O impacto do HIV / AIDS

O que tem AIDS feito para nossas sociedades? O âmbito de aplicação do impacto do HIV e SIDA nos países da SADC é profundo: Redução do tempo de vida médio de adultos por mais de 20 anos; Criação de milhões de famílias chefiadas por crianças; Aprofundamento da pobreza; Redução da produção econômica; Aumentando as disparidades de recursos entre as populações rurais e urbanas; Reversão de progresso educacional; Alteração de tipos de saída agrícolas e os níveis de produção; Mortes de adultos jovens. Esta lista é de nenhuma maneira completa.

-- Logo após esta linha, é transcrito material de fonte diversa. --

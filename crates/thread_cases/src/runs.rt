//! Runs of the service over the ends and the ticker of a case, and over disks in memory.

ghost use Rattle.std.specs.Prelude.{◌≡◌, IfOk};
ghost use Rattle.session_threads.specs.Results.{users_of_ends};
ghost use Rattle.service.specs.Run.{AreEnds};

use crate::edges::{Counting, Still};
use cfg_base::{Moment, UserName, Words};
use command_line::{Usage, read_words, words_ask_one_thing};
use disk_model::{Disk, MemDisk};
use io_edge::{Beat, ListBeat, ListSource, Source};
use script_lines::{Fault, args_of, words_of};
use service::{Closed, Ticker, run_keeping};
use session_shell::End;
use std::alloc::Global;
use std::sync::atomic::AtomicU64;
use std::sync::{Arc, Wait};
use std::thread::Threads;
use std::vec::IntoIter;

/// What sessions read and write.
pub(crate) type Part<S> = (S, Counting);

/// What resulted from a run.
pub(crate) type Ran<S, B, D> = Closed<S, Counting, Still, B, D>;

/// The moment that the clock of each session answers.
const SESSIONS: u64 = 1000;

/// How many bytes a disk has, and how many calls it takes.
const ROOM: u64 = 1 << 16;

const CALLS: u32 = 1_000;

/// An end for each user, in order.
fn ends_of<S: Drop>(
    alloc: Global,
    users: &[UserName],
    parts: &mut IntoIter<Part<S>>,
) -> Result<Vec<End<S, Counting, Still>>, Fault>
    ensures { IfOk result (λ ends. users_of_ends ends.items ≡ users.now) }
{
    let mut ends = Vec::new(alloc);
    for user in users {
        let Some((source, sink)) = parts.next() else {
            return Err(Fault::Script("an end for each user"));
        };
        ends.push(End {
            user: user.clone()?,
            source,
            sink,
            clock: Still {
                moment: Moment::of(SESSIONS),
            },
        })?;
    }
    Ok(ends)
}

/// The ends that the words ask for. Words that are refused ask for none.
fn asked_ends<S: Drop>(
    alloc: Global,
    words: &Words,
    parts: Vec<Part<S>>,
) -> Result<Vec<End<S, Counting, Still>>, Fault>
    ensures { IfOk result (λ ends. AreEnds words.now ends.items) }
{
    words_ask_one_thing();
    let mut parts = parts.into_iter();
    match read_words(alloc, words) {
        Ok(asked) => ends_of(alloc, asked.users.as_slice(), &mut parts),
        Err(Usage::Refused) => Ok(Vec::new(alloc)),
        Err(Usage::NoMemory) => Err(Fault::NoMemory),
    }
}

/// What the words ask, over these parts.
pub(crate) fn ran<R, S, B, D>(
    rt: &R,
    alloc: Global,
    text: &str,
    parts: Vec<Part<S>>,
    ticker: Ticker<B, Still>,
    disks: (D, D),
) -> Result<Ran<S, B, D>, Fault>
where
    R: Threads + Wait + Sync,
    S: Source + Drop + Send,
    B: Beat + Drop + Send,
    D: Disk + Drop + Send,
{
    let words = words_of(alloc, &args_of(alloc, text)?)?;
    let ends = asked_ends(alloc, &words, parts)?;
    let (a, b) = disks;
    Ok(run_keeping(rt, alloc, &words, ends, ticker, a, b, true))
}

fn empty_disk(alloc: Global) -> Result<MemDisk, Fault> {
    Ok(MemDisk::new(alloc, ROOM, CALLS, Vec::new(alloc), Vec::new(alloc))?)
}

/// Two disks with a list of commits, which a run in mode init made.
pub(crate) fn made_disks<R: Threads + Wait + Sync>(
    rt: &R,
    alloc: Global,
) -> Result<(MemDisk, MemDisk), Fault> {
    let mut parts = Vec::new(alloc);
    parts.push((
        ListSource::new(Vec::new(alloc), Vec::new(alloc)),
        Counting::new(alloc, Arc::new(alloc, AtomicU64::new(0))?),
    ))?;
    let ticker = Ticker {
        beat: ListBeat::new(Vec::new(alloc)),
        clock: Still {
            moment: Moment::of(SESSIONS),
        },
        waker: None,
    };
    let disks = (empty_disk(alloc)?, empty_disk(alloc)?);
    let Closed { disk_a, disk_b, .. } = ran(rt, alloc, "init d", parts, ticker, disks)?;
    Ok((disk_a, disk_b))
}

Extraordinários esforços foram feitos para garantir o acesso universal à TARV (tratamento anti-retroviral), resultando em uma desaceleração das mortes por Aids ao longo dos últimos anos; programas de equidade de gênero para abordar a vulnerabilidade das mulheres; programas de PTV (Prevenção da Transmissão de Mãe para Filho) têm produzido resultados notáveis ​​na redução das infecções em recém-nascidos.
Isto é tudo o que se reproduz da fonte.